How to complete this task.
In the records that follow, find each line with the word "share" and copy it.

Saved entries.

// Which row of a rebuild is refused first, and with what (document 01, "Refusal numbers"): per row 8, 9, 3, 16.
//
//     rebuild_rows::first_refused(caps, &ids, &row_locations)?;  // refused with the index of the first row that is
//
// A pass with a mark for each id finds the first row with one of the first three; ten passes with a mark for each slot, a bit of it for
// each of eight slabs, find the first repeated location before it. So no pass is quadratic, and no lent table is touched. The marks, 64 KiB,
// are on the stack of one pass or of the others, never of both.
#![tactic(auto)]

ghost use Rattle.std.specs.Prelude.{◌≡◌, true, false, ◌<◌, ◌≤◌, length, get_or, replicate};
ghost use Rattle.address.specs.Address.{bad_slots, is_location, most_slots};
ghost use Rattle.model.specs.Rebuild.{rows_of};
ghost use Rattle.rebuild_rows.specs.Checks.{wrong_in, first_wrong, rows_before, groups, has_bit, with_bit, repeats_at, marked_by, repeat_in, repeats_from, checked, refused_row};

use address::SlabAddress;
use marks::{FREE, HELD};
use refusal::{Kind, Refusal};
use tables::Capacities;

// One pass serves a group of slabs: as many as a mark has bits.
const GROUP: u64 = 8;

// The top byte of a location is one more than its slab, 1 to 78: by eights 0 to 9.
const GROUPS: u64 = 10;

fn mark_at(marks: &[u8], at: usize) -> u8
    ensures { result ≡ get_or marks.now at 0 }
{
    marks.get(at).copied().unwrap_or(FREE)
}

fn is_location(slots: usize, location: u64) -> bool
    requires { bad_slots slots ≡ false }
    ensures { result ≡ is_location slots location }
{
    matches!(SlabAddress::unpack(slots, location), Ok(Some(_)))
}

// What is wrong with a row by itself, or by the ids before it.
#[tactic(auto, unfolding(crate::specs::Checks::wrong_in))]
fn wrong_in(caps: Capacities, seen: &[u8], id: u64, location: u64) -> Option<Kind>
    requires { bad_slots caps.slots ≡ false }
    ensures { result ≡ wrong_in caps.ids caps.slots seen.now id location }
{
    if !(0 < id && id < caps.ids as u64) {
        return Some(Kind::NoSuchId);
    }
    if mark_at(seen, id as usize) != FREE {
        return Some(Kind::RepeatedId);
    }
    if !is_location(caps.slots, location) {
        return Some(Kind::OutOfRange);
    }
    None
}

fn first_wrong_by(
    caps: Capacities,
    seen: &mut [u8],
    ids: &[u64],
    row_locations: &[u64],
) -> Result<(), Refusal>
    requires { bad_slots caps.slots ≡ false }
    ensures { result
        ≡ first_wrong caps.ids caps.slots seen.old 0 (rows_of ids.now row_locations.now) }
{
    for (i, (id, location)) in ids.iter().zip(row_locations).enumerate() {
        if let Some(kind) = wrong_in(caps, seen, *id, *location) {
            return Err(Refusal::at(kind, i));
        }
        id_allocator::put(seen, *id as usize, HELD);
    }
    Ok(())
}

fn first_wrong(caps: Capacities, ids: &[u64], row_locations: &[u64]) -> Result<(), Refusal>
    requires { bad_slots caps.slots ≡ false }
    ensures { result
        ≡ first_wrong caps.ids caps.slots (replicate 65536 0) 0 (rows_of ids.now row_locations.now) }
{
    let mut seen = [0u8; Capacities::MOST_IDS];
    first_wrong_by(caps, &mut seen, ids, row_locations)
}

fn has_bit(mark: u8, bit: u64) -> bool
    requires { bit < 8 }
    ensures { result ≡ has_bit mark bit }
{
    (mark >> bit) % 2 == 1
}

fn with_bit(mark: u8, bit: u64) -> u8
    requires { bit < 8 }
    ensures { result ≡ with_bit mark bit }
{
    mark | (1 << bit)
}

// Whether a location of this group has the bit of its slab in the mark of its slot; it has it then.
fn repeats(marks: &mut [u8], group: u64, location: u64) -> bool
    ensures { (result ≡ repeats_at group marks.old location)
        × (marks.new ≡ marked_by group marks.old location) }
{
    let top = location / SlabAddress::UNIT;
    if top / GROUP != group {
        return false;
    }
    let slot = (location % SlabAddress::UNIT) as usize;
    let bit = top % GROUP;
    let mark = mark_at(marks, slot);
    id_allocator::put(marks, slot, with_bit(mark, bit));
    has_bit(mark, bit)
}

// The first of these locations that repeats one of this group; as many as there are where there is none.
fn first_in(marks: &mut [u8], group: u64, locations: &[u64]) -> usize
    ensures { result ≡ repeat_in group (replicate (length marks.old) 0) 0 locations.now }
{
    marks.fill(FREE);
    for (i, location) in locations.iter().enumerate() {
        if repeats(marks, group, *location) {
            return i;
        }
    }
    locations.len()
}

fn first_repeat_by(marks: &mut [u8], locations: &[u64]) -> usize
    ensures { result ≡ repeats_from (length marks.old) locations.now groups 0 (length locations.now) }
{
    let mut end = locations.len();
    for group in 0..GROUPS {
        end = first_in(marks, group, &locations[..end]);
    }
    end
}

fn first_repeat(slots: usize, locations: &[u64]) -> usize
    requires { slots ≤ most_slots }
    ensures { result ≡ repeats_from slots locations.now groups 0 (length locations.now) }
{
    let mut marks = [0u8; SlabAddress::MOST_SLOTS];
    first_repeat_by(&mut marks[..slots], locations)
}

// How many rows come before the one that is refused.
fn rows_before(rows: usize, said: Result<(), Refusal>) -> usize
    ensures { result ≡ rows_before rows said }
{
    match said {
        Ok(()) => rows,
        Err(refusal) => refusal.index,
    }
}

// The first of as many ids and locations.
fn first_of(caps: Capacities, ids: &[u64], row_locations: &[u64]) -> Result<(), Refusal>
    requires { (bad_slots caps.slots ≡ false) × (caps.slots ≤ most_slots) × (length row_locations.now ≡ length ids.now) }
    ensures { result ≡ checked caps.ids caps.slots ids.now row_locations.now }
{
    let said = first_wrong(caps, ids, row_locations);
    let end = rows_before(ids.len(), said);
    let repeat = first_repeat(caps.slots, &row_locations[..end]);
    if repeat < end {
        return Err(Refusal::at(Kind::RepeatedLocation, repeat));
    }
    said
}

// The first row that is refused. 1 with index 0 where the slot capacity is out of range or there are more ids than locations, or fewer.
pub fn first_refused(caps: Capacities, ids: &[u64], row_locations: &[u64]) -> Result<(), Refusal>
    ensures { result ≡ refused_row caps.ids caps.slots ids.now row_locations.now }
{
    if address::bad_slots(caps.slots) || row_locations.len() != ids.len() {
        return Err(Refusal::of(Kind::WrongShape));
    }
    first_of(caps, ids, row_locations)
}
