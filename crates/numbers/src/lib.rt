// Numbers in bytes, high byte first. Where the bytes end before the number does, it is 0.
#![tactic(auto)]

ghost use Rattle.std.specs.Prelude.{◌≡◌, ◌<◌, ◌^◌};
ghost use Rattle.numbers.specs.Numbers.{number_within};
ghost use Rattle.numbers.specs.Put.{put_whole, bytes_of};

// The number in the `W` bytes from `at` on. Nine bytes and more may not fit in its 64 bits, and are read as 0.
pub fn number<const W: usize>(bytes: &[u8], at: usize) -> u64
    ensures value { result ≡ number_within W bytes.now at }
    ensures upper_bound { result < 256 ^ W }
{
    if 8 < W {
        return 0;
    }
    let length = bytes.len();
    if length < W || length - W < at {
        return 0;
    }
    let mut number: u64 = 0;
    for byte in &bytes[at..at + W] {
        number = number * 256 + *byte as u64;
    }
    number
}

// The number's last `width` bytes, over those from `at` on; where they have no room, nothing is written.
pub fn put(out: &mut [u8], at: usize, width: usize, n: u64)
    ensures { out.new ≡ put_whole out.old at (bytes_of width n) }
{
    let length = out.len();
    if length < width || length - width < at {
        return;
    }
    let mut rest = n;
    for k in (0..width).rev() {
        out[at + k] = (rest % 256) as u8;
        rest /= 256;
    }
}
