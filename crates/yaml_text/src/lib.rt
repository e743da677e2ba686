// The types of characters and marks, which the definition in specs/ and the code above it share. No code.
#![tactic(auto)]

// What stands at a place of a byte list.
#[derive(Clone, Copy)]
pub enum Decoded {
    // A character: its code point, and how many bytes it takes.
    Char { code: u32, len: usize },
    // Bytes that begin no well-formed character.
    Ill,
    // Nothing.
    End,
}

// Where a character stands, counted in characters.
#[derive(Clone, Copy)]
pub struct Mark {
    pub index: u32,
    pub line: u32,
    pub col: u32,
}

// A refusal: its number in the table of 01, and its mark.
#[derive(Clone, Copy)]
pub struct Refusal {
    pub number: u32,
    pub mark: Mark,
}
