// All rows of a plan's table. The answer's cells: rows, probes, metres and rest of the area sum, and of the ground counted once.
#[unsafe(no_mangle)]
pub extern "C" fn overlay_run_all(
    k: u32,
    sizes: &[u32; 6],
    margins: &[u32; 6],
    cells: &[i32],
    order: &[u32],
    table: &mut [u32],
    work: &mut [i32],
    answer: &mut [u64; 6],
) -> u32
    ensures { let s = shape_of k sizes.now margins.now in let rects = cells.now in let swept = order.now in
        let lent = table.old in let room = length work.old in
        let v = run_values (run_call none s rects swept lent room) in
        (result ≡ v.number) × (answer.new ≡ run_cells v) × (table.new ≡ run_table none s rects swept lent room)
        × WorkAfter (run_cause none s rects swept lent room) work.old work.new }
{
    let six = *sizes;
    let wide = *margins;
    let run = run_all(
        Shape {
            k,
            sizes: six,
            margins: wide,
        },
        cells,
        order,
        table,
        work,
    );
    *answer = run_cells(run);
    number_of(&run)
}

// All rows of a plan's timed table, with a window of the week for each rectangle, two cells, in `hours`; else as the whole run.
#[unsafe(no_mangle)]
pub extern "C" fn overlay_timed_run(
    k: u32,
    sizes: &[u32; 6],
    margins: &[u32; 6],
    cells: &[i32],
    hours: &[u32],
    order: &[u32],
    table: &mut [u32],
    work: &mut [i32],
    answer: &mut [u64; 6],
) -> u32
    ensures { let s = shape_of k sizes.now margins.now in let rects = cells.now in let swept = order.now in
        let lent = table.old in let room = length work.old in
        let windows = some hours.now in let v = run_values (run_call windows s rects swept lent room) in
        (result ≡ v.number) × (answer.new ≡ run_cells v) × (table.new ≡ run_table windows s rects swept lent room)
        × WorkAfter (run_cause windows s rects swept lent room) work.old work.new }
{
    let six = *sizes;
    let wide = *margins;
    let run = timed_run(
        Shape {
            k,
            sizes: six,
            margins: wide,
        },
        cells,
        hours,
        order,
        table,
        work,
    );
    *answer = run_cells(run);
    number_of(&run)
}
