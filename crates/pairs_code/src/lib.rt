// The first pair of layers whose rectangles at the places do not meet (02, Q-11). What the call answers is defined in the crate `pairs`.
#![tactic(auto)]

ghost use Rattle.std.specs.Prelude.{◌≡◌, true, ◌+◌};
ghost use Rattle.plan.specs.Causes.{by_number};
ghost use Rattle.plan.specs.Plan.{layers_of};
ghost use Rattle.join.specs.Join.{rects};
ghost use Rattle.rows.specs.RowCall.{fits};
ghost use Rattle.rows.specs.inner.Layers.{Reached, rects_from};
ghost use Rattle.rows_code.specs.Reading.{widened};
ghost use Rattle.pairs.specs.PairCall.{apart_at, first_pair, pair_call, pair_values};
ghost use Rattle.pairs.specs.inner.Told.{told};

use geometry::Rect;
use geometry_code::meet;
use pairs::Pair;
use plan::{Cause, Shape};
use plan_code::check_plan;
use rows_code::{Drawing, all_fit};

// The first pair of layers whose rectangles at the places do not meet; none where they all share a point.
pub fn apart_pair(shape: Shape, cells: &[i32], places: &[u32]) -> Result<Option<Pair>, Cause>
    ensures answer { by_number result ≡ pair_call shape cells.now places.now }
    ensures values { pair_values (by_number result) ≡ pair_values (pair_call shape cells.now places.now) }
{
    check_plan(shape, cells)?;
    pair_in(&Drawing::of(&shape, cells), places)
}

// The answer for the layers of a plan.
fn pair_in(drawing: &Drawing, row: &[u32]) -> Result<Option<Pair>, Cause>
    ensures { let ns = drawing.now.sizes.now in
        by_number result ≡ told ns (widened ns drawing.now.margins.now drawing.now.cells.now) row.now }
{
    if !all_fit(drawing.sizes, row) {
        return Err(Cause::WrongPlaces);
    }
    Ok(first_pair(drawing, row))
}

// The first pair among the rectangles of a row that fits. Each pair is asked once at most.
fn first_pair(drawing: &Drawing, row: &[u32]) -> Option<Pair>
    requires { fits drawing.now.sizes.now row.now ≡ true }
    ensures { let ns = drawing.now.sizes.now in
        result ≡ first_pair 1 (rects (layers_of ns (widened ns drawing.now.margins.now drawing.now.cells.now)) row.now) }
{
    let sizes = drawing.sizes;
    let mut start = 0;
    for i in 0..sizes.len() {
        let r = drawing.rect(row, start, i);
        start += sizes[i] as usize;
        let j = apart_from(r, drawing, row, start, i + 1);
        if j < sizes.len() {
            let lower = i as u32 + 1;
            let higher = j as u32 + 1;
            return Some(Pair { lower, higher });
        }
    }
    None
}

// The first layer, from 0, behind the first `after` ones whose rectangle does not meet r; k where each does.
fn apart_from(r: Rect, drawing: &Drawing, row: &[u32], before: usize, after: usize) -> usize
    requires row_value { fits drawing.now.sizes.now row.now ≡ true }
    requires reached { Reached drawing.now.sizes.now before after }
    ensures { let ns = drawing.now.sizes.now in
        result ≡ after + apart_at r (rects_from ns (widened ns drawing.now.margins.now drawing.now.cells.now) row.now before after) }
{
    let sizes = drawing.sizes;
    let mut start = before;
    for j in after..sizes.len() {
        let Some(_) = meet(r, drawing.rect(row, start, j)) else {
            return j;
        };
        start += sizes[j] as usize;
    }
    sizes.len()
}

Written solution.
// The types of characters and marks, which the definition in specs/ and the code above it share. No code.
// The first pair of layers whose rectangles at the places do not meet; none where they all share a point.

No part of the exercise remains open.